DIRECTIONS FOR THIS TASK: Which lines in the material below contain the word "test"? Copy each of them.

MATERIAL FOR THE TASK:
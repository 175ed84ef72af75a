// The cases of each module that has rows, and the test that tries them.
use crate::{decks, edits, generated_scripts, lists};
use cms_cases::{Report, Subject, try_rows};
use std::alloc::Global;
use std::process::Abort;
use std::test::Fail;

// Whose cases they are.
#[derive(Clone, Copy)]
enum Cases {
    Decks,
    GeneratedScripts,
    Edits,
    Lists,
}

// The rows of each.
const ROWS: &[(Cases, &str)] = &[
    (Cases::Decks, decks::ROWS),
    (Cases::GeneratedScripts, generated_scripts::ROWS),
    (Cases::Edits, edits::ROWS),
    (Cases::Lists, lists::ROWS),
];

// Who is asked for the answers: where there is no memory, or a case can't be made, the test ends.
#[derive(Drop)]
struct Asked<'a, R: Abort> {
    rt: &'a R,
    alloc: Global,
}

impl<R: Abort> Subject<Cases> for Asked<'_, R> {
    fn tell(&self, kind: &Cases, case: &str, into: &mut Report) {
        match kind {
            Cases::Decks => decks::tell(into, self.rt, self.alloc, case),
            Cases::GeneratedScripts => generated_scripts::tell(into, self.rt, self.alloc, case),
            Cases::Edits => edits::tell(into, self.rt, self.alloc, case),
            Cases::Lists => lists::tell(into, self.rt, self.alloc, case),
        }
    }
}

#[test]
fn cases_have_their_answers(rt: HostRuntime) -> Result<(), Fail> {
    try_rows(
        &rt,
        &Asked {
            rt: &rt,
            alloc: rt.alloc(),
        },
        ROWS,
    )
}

RESPONSE:
// The cases of each module that has rows, and the test that tries them.
use std::test::Fail;
// Who is asked for the answers: where there is no memory, or a case can't be made, the test ends.
#[test]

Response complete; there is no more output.